Modine Manufacturing 

Risk-Adjusted Performance

0 of 100

 
Weak
 
Strong
Weak
Over the last 90 days Modine Manufacturing has generated negative risk-adjusted returns adding no value to investors with long positions. In spite of rather sound basic indicators, Modine Manufacturing is not utilizing all of its potentials. The current stock price tumult, may contribute to shorter-term losses for the shareholders.

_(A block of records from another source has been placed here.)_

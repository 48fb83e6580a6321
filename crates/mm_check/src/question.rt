//! The answers to the questions about a label, over a database in which nothing is at fault.

ghost use Rattle.std.specs.Prelude.{◌≡◌, ◌<◌, ◌++◌, List, map, length, OnOk, IfOk, IfErr};
ghost use Rattle.std.specs.Prelude.{None, codes, true, MatchResult};
ghost use Rattle.std.specs.List.{AllByRecursion};
ghost use Rattle.mm_base.specs.Statement.{PlainStatement};
ghost use Rattle.mm_text.specs.Reading.{Reads};
ghost use Rattle.mm_rules.specs.Answer.{labels_at, KeepsLabels};
ghost use Rattle.mm_rules.specs.Verdict.{labels_of};
ghost use Rattle.mm_rules.specs.Status.{number_of};
ghost use Rattle.mm_verdict.specs.Reply.{IsAskReply, lines_of};
ghost use Rattle.mm_check.specs.Reply.{IsAxiomsReply, IsFormText, IsFormTextFault, IsReportFor};
ghost use Rattle.mm_check.specs.Reply.{IsSameReply, IsAnswerTo, IsMinimizedText, ListsUsers};
ghost use Rattle.mm_check.specs.Reply.{same_text, same_status};
ghost use Rattle.mm_check.specs.Reply.{report_text as report_text_at};
ghost use Rattle.mm_check.specs.Reply.{report_status as report_status_at};
ghost use Rattle.mm_render.specs.Saved.{IsSaveFault};
ghost use Rattle.mm_axioms.specs.Users.{AreUsers, IsAssertionFault};
ghost use Rattle.mm_rules.specs.Rests.{IsAskFault};

use crate::chain::chain_answer;
use crate::told::lettered_listing;
use mm_axioms::{Report, all_users, axioms, direct_users, essential_axioms};
use mm_frame::LabelId;
use mm_minimize::{SearchWatch, minimized_by_library, minimized_whole};
use mm_render::{
    is_same_proof, normal_form, packed_form, proof_listing, saved_file, small_form, uses_listing,
};
use mm_rules::{AskFault, Status};
use mm_verdict::{Checked, Form, Question, Reply, ask_reply, push_label, push_labels};
use std::alloc::{AllocError, Global};

/// A line for the label of each of these numbers, after a question mark.
fn push_unproved(
    out: &mut Vec<u8>,
    checked: &Checked,
    numbers: &[LabelId],
) -> Result<(), AllocError>
    requires { AllByRecursion (λ n. n < length checked.now.labels) (map (λ id. id.0) numbers.now) }
    ensures { OnOk result (out.new.items ≡ out.old.items
        ++ lines_of (map (λ label. codes "? " ++ label)
        (labels_at checked.now.labels (map (λ id. id.0) numbers.now)))) }
{
    for number in numbers {
        out.extend_from_slice(b"? ")?;
        push_label(out, checked, *number)?;
    }
    Ok(())
}

/// The text of a report.
fn report_text(alloc: Global, checked: &Checked, report: &Report) -> Result<Vec<u8>, AllocError>
    requires axioms { AllByRecursion (λ n. n < length checked.now.labels)
        (map (λ id. id.0) report.now.axioms.items) }
    requires unproved { AllByRecursion (λ n. n < length checked.now.labels)
        (map (λ id. id.0) report.now.unproved.items) }
    ensures { IfOk result (λ text. text.items ≡ report_text_at checked.now.labels
        (map (λ id. id.0) report.now.axioms.items) (map (λ id. id.0) report.now.unproved.items)) }
{
    let mut out = Vec::new(alloc);
    push_labels(&mut out, checked, &report.axioms)?;
    push_unproved(&mut out, checked, &report.unproved)?;
    Ok(out)
}

/// The status of a report.
fn report_status(report: &Report) -> Status
    ensures { number_of result ≡ report_status_at (map (λ id. id.0) report.now.unproved.items) }
{
    if report.unproved.is_empty() {
        Status::Done
    } else {
        Status::Incomplete
    }
}

/// What the theorem with a label depends on, or of its axioms those alone that have its type code.
fn report_of(
    alloc: Global,
    checked: &Checked,
    label: &[u8],
    essential: bool,
) -> Result<Report, AskFault>
    ensures report { IfOk result (λ report. (statements : List PlainStatement)
        → Reads checked.now.files statements None → IsReportFor essential statements label.now
        (map (λ id. id.0) report.axioms.items) (map (λ id. id.0) report.unproved.items)) }
    ensures fault { IfErr result (λ fault. (statements : List PlainStatement)
        → Reads checked.now.files statements None → IsAskFault statements label.now fault) }
    ensures in_range { IfOk result (λ report.
        AllByRecursion (λ n. n < length checked.now.labels) (map (λ id. id.0) report.axioms.items)
        × AllByRecursion (λ n. n < length checked.now.labels)
        (map (λ id. id.0) report.unproved.items)) }
{
    if essential {
        essential_axioms(alloc, checked, label)
    } else {
        axioms(alloc, checked, label)
    }
}

/// The reply of a database in which nothing is at fault to the question what a theorem depends on.
fn axioms_answer(
    alloc: Global,
    checked: &Checked,
    label: &[u8],
    essential: bool,
) -> Result<Reply, AllocError>
    ensures { IfOk result (λ reply. (statements : List PlainStatement)
        → Reads checked.now.files statements None → checked.now.labels ≡ labels_of statements
        → IsAxiomsReply essential label.now statements reply.text.items
        (number_of reply.status)) }
{
    match report_of(alloc, checked, label, essential) {
        Ok(report) => {
            let text = report_text(alloc, checked, &report)?;
            let status = report_status(&report);
            Ok(Reply { text, status })
        }
        Err(fault) => ask_reply(alloc, label, fault),
    }
}

/// The reply that tells this text, or why there is none to the question about the label.
pub(crate) fn text_reply(
    alloc: Global,
    label: &[u8],
    answer: Result<Vec<u8>, AskFault>,
) -> Result<Reply, AllocError>
    ensures { IfOk result (λ reply. MatchResult answer
        (λ text. (reply.text.items ≡ text.items) × (number_of reply.status ≡ 0))
        (λ fault. IsAskReply fault label.now reply.text.items (number_of reply.status))) }
{
    match answer {
        Ok(text) => Ok(Reply {
            text,
            status: Status::Done,
        }),
        Err(fault) => ask_reply(alloc, label, fault),
    }
}

/// The text of the answer whether two proofs are the same.
fn sameness_text(alloc: Global, same: bool) -> Result<Vec<u8>, AllocError>
    ensures { IfOk result (λ text. text.items ≡ same_text same) }
{
    if same {
        Vec::from_slice(alloc, b"same\n")
    } else {
        Vec::from_slice(alloc, b"different\n")
    }
}

/// The status of the answer whether two proofs are the same.
fn sameness_status(same: bool) -> Status
    ensures { number_of result ≡ same_status same }
{
    if same { Status::Done } else { Status::Refused }
}

/// The reply of a database in which nothing is at fault to the question whether a text is the same
/// proof.
fn same_answer(
    alloc: Global,
    checked: &Checked,
    label: &[u8],
    proof: &[u8],
) -> Result<Reply, AllocError>
    ensures { IfOk result (λ reply. (statements : List PlainStatement)
        → Reads checked.now.files statements None
        → IsSameReply checked.now.profile label.now proof.now statements reply.text.items
        (number_of reply.status)) }
{
    match is_same_proof(alloc, checked, label, proof) {
        Ok(same) => {
            let text = sameness_text(alloc, same)?;
            let status = sameness_status(same);
            Ok(Reply { text, status })
        }
        Err(fault) => ask_reply(alloc, label, fault),
    }
}

/// The bytes of the file in which the theorem with a label stands, with its proof in a form.
fn saved_text(
    alloc: Global,
    checked: &Checked,
    label: &[u8],
    form: Form,
) -> Result<Vec<u8>, AskFault>
    ensures text { IfOk result (λ text. (statements : List PlainStatement)
        → Reads checked.now.files statements None
        → IsFormText true form checked.now.files statements label.now text.items) }
    ensures fault { IfErr result (λ fault. (statements : List PlainStatement)
        → Reads checked.now.files statements None
        → IsSaveFault form checked.now.files statements label.now fault) }
{
    let saved = saved_file(alloc, checked, label, form)?;
    Ok(saved.1)
}

/// The proof of the theorem with a label in a form, or the bytes of its whole file with that proof.
fn form_text(
    alloc: Global,
    checked: &Checked,
    label: &[u8],
    form: Form,
    whole: bool,
) -> Result<Vec<u8>, AskFault>
    ensures text { IfOk result (λ text. (statements : List PlainStatement)
        → Reads checked.now.files statements None
        → IsFormText whole form checked.now.files statements label.now text.items) }
    ensures fault { IfErr result (λ fault. (statements : List PlainStatement)
        → Reads checked.now.files statements None
        → IsFormTextFault whole form checked.now.files statements label.now fault) }
{
    match form {
        _ if whole => saved_text(alloc, checked, label, form),
        Form::Normal => normal_form(alloc, checked, label),
        Form::Packed => packed_form(alloc, checked, label),
        Form::Small => small_form(alloc, checked, label),
    }
}

/// The theorems that use the assertion with a label, or all that depend on it.
fn users_of(
    alloc: Global,
    checked: &Checked,
    label: &[u8],
    all: bool,
) -> Result<Vec<LabelId>, AskFault>
    ensures users { IfOk result (λ users. (statements : List PlainStatement)
        → Reads checked.now.files statements None
        → AreUsers all statements label.now (map (λ id. id.0) users.items)) }
    ensures fault { IfErr result (λ fault. (statements : List PlainStatement)
        → Reads checked.now.files statements None
        → IsAssertionFault statements label.now fault) }
    ensures in_range { IfOk result (λ users.
        AllByRecursion (λ n. n < length checked.now.labels) (map (λ id. id.0) users.items)) }
{
    if all {
        all_users(alloc, checked, label)
    } else {
        direct_users(alloc, checked, label)
    }
}

/// A line for each theorem that uses the assertion with a label, or for all that depend on it.
fn users_text(
    alloc: Global,
    checked: &Checked,
    label: &[u8],
    all: bool,
) -> Result<Vec<u8>, AskFault>
    requires { KeepsLabels checked.now.files checked.now }
    ensures text { IfOk result (λ text. (statements : List PlainStatement)
        → Reads checked.now.files statements None
        → ListsUsers all statements label.now text.items) }
    ensures fault { IfErr result (λ fault. (statements : List PlainStatement)
        → Reads checked.now.files statements None
        → IsAssertionFault statements label.now fault) }
{
    let users = users_of(alloc, checked, label, all)?;
    let mut text = Vec::new(alloc);
    push_labels(&mut text, checked, &users)?;
    Ok(text)
}

/// A shorter proof of the theorem with a label, or its own small one; or the bytes of its whole
/// file, with the shorter one if there is one.
fn minimized_text<W: SearchWatch>(
    alloc: Global,
    checked: &Checked,
    label: &[u8],
    whole: bool,
    watch: &mut W,
) -> Result<Vec<u8>, AskFault>
    ensures text { IfOk result (λ text. (statements : List PlainStatement)
        → Reads checked.now.files statements None
        → IsMinimizedText whole checked.now.profile checked.now.files statements label.now
        text.items) }
    ensures fault { IfErr result (λ fault. (statements : List PlainStatement)
        → Reads checked.now.files statements None → IsAskFault statements label.now fault) }
{
    if whole {
        minimized_whole(alloc, checked, label, watch)
    } else {
        minimized_by_library(alloc, checked, label, watch)
    }
}

/// The reply of a database in which nothing is at fault to a question about a label.
pub(crate) fn answer_to<W: SearchWatch>(
    alloc: Global,
    checked: &Checked,
    question: &Question,
    label: &[u8],
    watch: &mut W,
) -> Result<Reply, AllocError>
    requires { KeepsLabels checked.now.files checked.now }
    ensures { IfOk result (λ reply. (statements : List PlainStatement)
        → Reads checked.now.files statements None
        → IsAnswerTo checked.now.profile question.now checked.now.files label.now statements
        reply.text.items (number_of reply.status)) }
{
    match question {
        Question::Axioms { essential } => axioms_answer(alloc, checked, label, *essential),
        Question::Chain(other) => chain_answer(alloc, checked, label, other),
        Question::Show => text_reply(alloc, label, proof_listing(alloc, checked, label)),
        Question::Letters => text_reply(alloc, label, lettered_listing(alloc, checked, label)),
        Question::Uses { essential } => {
            text_reply(
                alloc,
                label,
                uses_listing(alloc, checked, label, *essential),
            )
        }
        Question::Form { form, whole } => {
            text_reply(
                alloc,
                label,
                form_text(alloc, checked, label, *form, *whole),
            )
        }
        Question::Same(text) => same_answer(alloc, checked, label, text),
        Question::Users { all } => {
            text_reply(alloc, label, users_text(alloc, checked, label, *all))
        }
        Question::Minimized { whole } => {
            text_reply(
                alloc,
                label,
                minimized_text(alloc, checked, label, *whole, watch),
            )
        }
    }
}
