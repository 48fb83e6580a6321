//! The commands, and their replies to a writer.

ghost use Rattle.std.specs.Prelude.{◌≡◌, ◌+◌, ◌<◌, ◌↔◌, map, IfOk, IsErrOf};
ghost use Rattle.mm_text.specs.Files.{plain_file};
ghost use Rattle.mm_text.specs.Device.{faults_of, inner_of};
ghost use Rattle.mm_rules.specs.Status.{number_of};
ghost use Rattle.mm_check.specs.Reply.{AsksHanded, IsAboutReply, IsReplyTo, Writes};
ghost use Rattle.mm_check.specs.Reply.{WritesBeginningOf};
ghost use Rattle.mm_check.specs.declared.command.RunFault.TheVariants.{Memory};

use crate::accepted::{Asked, checked_reply};
use crate::alone::lone_reply;
use crate::stated::statement_reply;
use crate::users::users_reply;
use crate::whole::{all_saved_reply, lemmas_reply, whole_reply};
use mm_base::{File, Seed};
use mm_find::{Sought, find_reply};
use mm_minimize::{SearchWatch, Wanted};
use mm_rules::Status;
use mm_step::Profile;
use mm_text::Counted;
use mm_verdict::{Command, LoneQuestion, Question, Reply, Unwatched, WholeQuestion};
use std::alloc::{AllocError, Global};
use std::io::Write;
use thiserror::Error;

/// Why a reply wasn't written, or not to its end.
#[derive(Clone, Copy, PartialEq, Eq, Debug, Drop, Error)]
pub enum RunFault {
    /// The writer failed: a beginning of the reply is written.
    #[error("the writer failed")]
    Device,
    /// A growth was refused: nothing is written.
    #[error("out of memory")]
    Memory,
}

impl From<AllocError> for RunFault {
    ghost from_gives = { λ _ e. e ≡ Memory };

    fn from(_e: AllocError) -> RunFault {
        RunFault::Memory
    }
}

/// The reply to a question about the statement with a label.
fn about_reply<W: SearchWatch>(
    alloc: Global,
    seed: Seed,
    files: &[File],
    label: &[u8],
    question: &Question,
    watch: &mut W,
) -> Result<Reply, AllocError>
    ensures { IfOk result (λ reply. IsAboutReply question.now (map plain_file files.now) label.now
        reply.text.items (number_of reply.status)) }
{
    match question {
        Question::Users { all } => users_reply(alloc, seed, files, label, *all, watch),
        _ => {
            let asked = Asked::About {
                label,
                question: *question,
            };
            checked_reply(alloc, seed, Profile::Lenient, files, asked, watch)
        }
    }
}

/// The reply to a command over the files, the first of which is the top file, before it is written.
/// Where shorter proofs are looked for in all of them, the watch is told after each theorem how far
/// this has come; where lemmas are, after each of them. Where shorter proofs are looked for at all,
/// it is told what that came to, and where a search for lemmas is broken off, that it is; where users
/// are told, also which proofs don't count.
pub fn reply_to<W: SearchWatch>(
    alloc: Global,
    seed: Seed,
    command: &Command,
    files: &[File],
    watch: &mut W,
) -> Result<Reply, AllocError>
    requires { AsksHanded (map plain_file files.now) command.now }
    ensures { IfOk result (λ reply. IsReplyTo (map plain_file files.now) command.now
        reply.text.items (number_of reply.status)) }
{
    match command {
        Command::Whole { profile, question } => {
            whole_reply(alloc, seed, files, *profile, *question, watch)
        }
        Command::About { label, question } => {
            about_reply(alloc, seed, files, label, question, watch)
        }
        Command::Lone { label, question } => lone_reply(alloc, seed, files, label, question),
        Command::Statement { label, comment } => {
            statement_reply(alloc, seed, files, label, *comment)
        }
        Command::File { form, file } => all_saved_reply(alloc, seed, files, *form, *file),
        Command::Shorter { file, duplicates } => {
            let asked = Asked::File(Wanted {
                number: *file,
                duplicates: *duplicates,
            });
            checked_reply(alloc, seed, Profile::Lenient, files, asked, watch)
        }
        Command::Lemmas { most, least } => {
            lemmas_reply(alloc, seed, files, *most, *least, watch)
        }
        Command::Find {
            patterns,
            whole,
            shape,
            hypotheses,
        } => {
            let sought = Sought {
                patterns: *patterns,
                whole: *whole,
                shape: *shape,
                hypotheses: *hypotheses,
            };
            find_reply(alloc, seed, files, &sought)
        }
    }
}

/// Runs a command over the files, the first of which is the top file: writes the text of the reply
/// and answers its status. The whole reply is made before its first byte is written.
///
/// # Errors
///
/// `Device` where the writer failed in this call, after a beginning of the reply; `Memory` where a
/// growth was refused, and then nothing is written.
pub fn run<W: Write>(
    alloc: Global,
    seed: Seed,
    command: &Command,
    files: &[File],
    out: &mut Counted<W>,
) -> Result<Status, RunFault>
    requires faults { faults_of out.old < u64.MAX }
    requires asks { AsksHanded (map plain_file files.now) command.now }
    ensures reply { IfOk result (λ status. Writes (map plain_file files.now) command.now
        (number_of status) (W.contents (inner_of out.old)) (W.contents (inner_of out.new))) }
    ensures device { IsErrOf result RunFault.Device → WritesBeginningOf
        (map plain_file files.now) command.now (W.contents (inner_of out.old))
        (W.contents (inner_of out.new)) }
    ensures memory { IsErrOf result RunFault.Memory → inner_of out.new ≡ inner_of out.old }
    ensures counted { IsErrOf result RunFault.Device ↔ (faults_of out.new ≡ faults_of out.old + 1) }
    ensures uncounted { ¬ IsErrOf result RunFault.Device → faults_of out.new ≡ faults_of out.old }
{
    let reply = reply_to(alloc, seed, command, files, &mut Unwatched)?;
    match out.write_all(&reply.text) {
        Ok(()) => Ok(reply.status),
        Err(_) => Err(RunFault::Device),
    }
}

91324PEQ1 and Modine Manufacturing Volatility Contrast

   Predicted Return Density   
       Returns  

Pair Trading with 91324PEQ1 and Modine Manufacturing

The main advantage of trading using opposite 91324PEQ1 and Modine Manufacturing positions is that it hedges away some unsystematic risk. Because of two separate transactions, even if 91324PEQ1 position performs unexpectedly, Modine Manufacturing can make up some of the losses. Pair trading also minimizes risk from directional movements in the market. For example, if an entire industry or sector drops because of unexpected headlines, the short position in Modine Manufacturing will offset losses from the drop in Modine Manufacturing's long position.
The idea behind UNH 53 15 FEB 30 and Modine Manufacturing pairs trading is to make the combined position market-neutral, meaning the overall market's direction will not affect its win or loss (or potential downside or upside). This can be achieved by designing a pairs trade with two highly correlated stocks or equities that operate in a similar space or sector, making it possible to obtain profits through simple and relatively low-risk investment.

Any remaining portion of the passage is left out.